Subject: Re: vnode locking in coda_lookup
To: None <tech-kern@netbsd.org>
From: Greg Troxel <gdt@ir.bbn.com>
List: tech-kern
Date: 04/05/2007 13:27:12
> Thanks - I do follow that we need to have an order to avoid deadlocks,
> and what our order is. What's not 100% clear in my head is the exact
> relationship between the interlock and the vnode lock, which has to be
> held for each possible operation, and mostly what can happen after vref
> but without holding the vnode lock.
Interlock is fine. You don't take other locks while holding the interlock.
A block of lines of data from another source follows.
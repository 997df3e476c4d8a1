//! A book is closed, or is not, where memory is refused to the tables with which its log is compared with the receipts.

ghost use Rattle.std.specs.Prelude.{◌≡◌};
ghost use Rattle.step_core.specs.Opening.{opening_of};

use crate::heap::{Heap, zeros};
use crate::looks::{see, see_at};
use crate::part::{USUAL, opened, play_text};
use driver_book::{BlankBook, CloseFault, Full, FullLogBrand, LogBrand};
use session_scripts::desk::{Access, Desk};
use std::alloc::Global;
use std::marker::Brand;
use std::process::Abort;
use std::sync::Wait;
use step_core::{Config, Image};
use test_support::{RefusedCalls, Refusing};

/// The tables: the counts of the seats, the ends of commands, and those of queues.
const TABLES: u64 = 3;

/// A Read of the seat that acts, from its reservation to its release: ten entries of the log.
const READ: &str = "reserve 1 read 0 1 0+512
> reserve q 1 cid 0 data 1 chain 0
build 1 0
> build ok
submit 1 0
> submit ok
ring 1
> ring ok
fetch 1
> fetch cid 0 touched 2
walk 1 0
> walk more touched -
walk 1 0
> walk end touched 4
complete 1 0
> complete ok touched 3
reap 1
> reap done cid 0 status 0:00
collect 1 0
> collect status 0:00
release 1 0
> release ok
> counts free 12 queue 4 chain 0 data 0
";

/// Two seats carry a Read through each. Whichever table is refused, a seat that is kept back is missed; and the book is closed without one.
fn close_without_tables<'h, L: FullLogBrand, R: Abort + Wait>(
    rt: &R,
    heap: &'h Heap,
    desk: &mut Desk<'h, L, R, &'h Heap>,
) {
    for _ in 0..2 {
        assert!(rt; desk.sit() == Ok(true));
        play_text(rt, desk, READ);
    }
    let Some(last) = desk.seats.pop() else {
        panic!(rt; "there is no seat");
    };
    let missing = CloseFault::Missing { seat: 1, number: 1 };
    for growth in 1..=TABLES {
        heap.refuse(RefusedCalls::Nth(growth));
        see_at(rt, growth, &desk.close().err(), &Some(missing));
        see_at(rt, growth, &heap.tally().refused, &1);
    }
    assert!(rt; desk.seats.push(last).is_ok());
    heap.refuse(RefusedCalls::Nth(1));
    match desk.close() {
        Ok(report) => see(rt, &report.submissions, &2),
        Err(why) => panic!(rt; "{why}"),
    }
    see(rt, &heap.tally().refused, &1);
}

/// Does so with a new book.
fn run<'h, L: LogBrand, R: Abort + Wait>(
    rt: &'h R,
    alloc: Global,
    heap: &'h Heap,
    config: Config,
    image: Image<&'h Heap>,
    blank: BlankBook<&'h Heap>,
)
    requires name { blank.ledger.name ≡ L.name }
    requires parts { blank.ledger.parts ≡ L.parts }
    requires number { blank.ledger.parts ≡ 65536 }
    requires list { blank.drafts.name ≡ L.list }
    requires opening { L.opening ≡ opening_of config image }
{
    let book = opened::<Full<L>, &'h Heap, R>(rt, heap, config, image, blank);
    let mut desk = Desk::new(rt, alloc, heap, Access::Book(book));
    close_without_tables(rt, heap, &mut desk);
    see(rt, &desk.end(), &20);
}

#[test]
fn a_book_is_closed_without_tables(rt: HostRuntime) {
    let alloc = rt.alloc();
    let heap = Refusing::new(alloc);
    let image = zeros(&rt, &heap);
    run::<Brand, HostRuntime>(&rt, alloc, &heap, USUAL, image, BlankBook::new());
    see(&rt, &heap.tally().blocks, &0);
}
You at most trade the interlock on a vnode for the lock on said vnode. And
the loking code handles this correctly.
So is this right?
interlock protects
access to vnode lock
reference counts
vnode lock protects
all other changes to vnode contents
So, when holding vnode locks, one can be assured of no changes, and do
multi-step operations which might temporarily violate invariants.
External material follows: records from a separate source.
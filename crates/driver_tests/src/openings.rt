//! Openings with one growth refused.

use crate::heap::{MANY, zeros};
use crate::looks::{see, see_at};
use crate::part::USUAL;
use std::alloc::Global;
use std::process::Abort;
use step_core::{Config, OpenRefusal};
use test_support::{RefusedCalls, Refusing};
use world_bench::Bench;

/// Two I/O queues of four entries over 24 pages, and segments of four descriptors.
const TWO_QUEUES: Config = Config {
    pages: 24,
    queues: 2,
    entries: 4,
    segment: 4,
};

/// Opens a bench over an image with one growth refused. Where memory is refused the image comes back, and the bench is opened again. Answers whether
/// there was such a growth.
fn opens_twice<R: Abort>(rt: &R, alloc: Global, config: Config, growth: u64) -> bool {
    let heap = Refusing::new(alloc);
    let image = zeros(rt, &heap);
    heap.refuse(RefusedCalls::Nth(growth));
    let back = match Bench::open(&heap, config, image) {
        Ok(bench) => {
            let _ended = bench.end();
            None
        }
        Err(refused) => {
            see_at(rt, growth, &refused.why, &OpenRefusal::Memory);
            Some(refused.image)
        }
    };
    let is_refused = heap.tally().refused > 0;
    see_at(rt, growth, &back.is_some(), &is_refused);
    heap.refuse(RefusedCalls::Never);
    if let Some(image) = back {
        match Bench::open(&heap, config, image) {
            Ok(bench) => {
                let _ended = bench.end();
            }
            Err(_) => panic!(rt; "it is refused twice"),
        }
    }
    see_at(rt, growth, &heap.tally().blocks, &0);
    is_refused
}

/// Each growth of an opening is refused.
#[test]
fn an_opening_wants_memory(rt: HostRuntime) {
    for (config, wanted) in [(USUAL, 34), (TWO_QUEUES, 44)] {
        let mut growths: u64 = 0;
        for growth in 1..MANY {
            if !opens_twice(&rt, rt.alloc(), config, growth) {
                break;
            }
            growths = growth;
        }
        see(&rt, &growths, &wanted);
    }
}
When holding a reference, one can be sure that the vnode will continue
to exist, but not that it won't be revoked.
> Without LK_RETRY, and maybe even with, the caller has to check the
> vn_lock return value and do something. In vfs_lookup, if we fail to
> lock the child, we can return an error. But, since we have a vref at
> this point, it seems this should never happen, so maybe it should be a
> panic.
It's unlikely at the moment. If you have a ref, the one thing that could
happen is a VOP_REVOKE(), but I don't think you can do that on a
directory.
Oh, the one other thing that might happen some day is that we add code to
handle forcible file system unmount. In such a case, we would probably
want to revoke all the vnodes. So you could have a reference on something
then have it die on you.
OK, I will try printf of case (since odd enough to be interesting) and
error return and see if it happens.
Reading vfs_lookup, I see LK_RETRY all over the place, along with
failure to check vn_lock return values. Not saying that argues for it
being correct in coda_lookup, but it seems there's a lot of LK_RETRY
trouble about.
> In the case of relocking the parent, we also have a vref (or rather our
> caller must), so can that ever reasonably fail? Should I panic if
> vn_lock (w/o LK_RETRY) fails?
Don't panic. Return an error. This case (".." lookup) is why I added
PDIRUNLOCK. I am not sure if chuq removed it.
PDIRUNLOCK appears to have been removed in a commit
kere/vfs_lookup.c:1.73 by chs on 2006/12/09.
I don't understand how coda_lookup can handle not being able to relock
the parent (without panicing, which I realize isn't exactly "handle").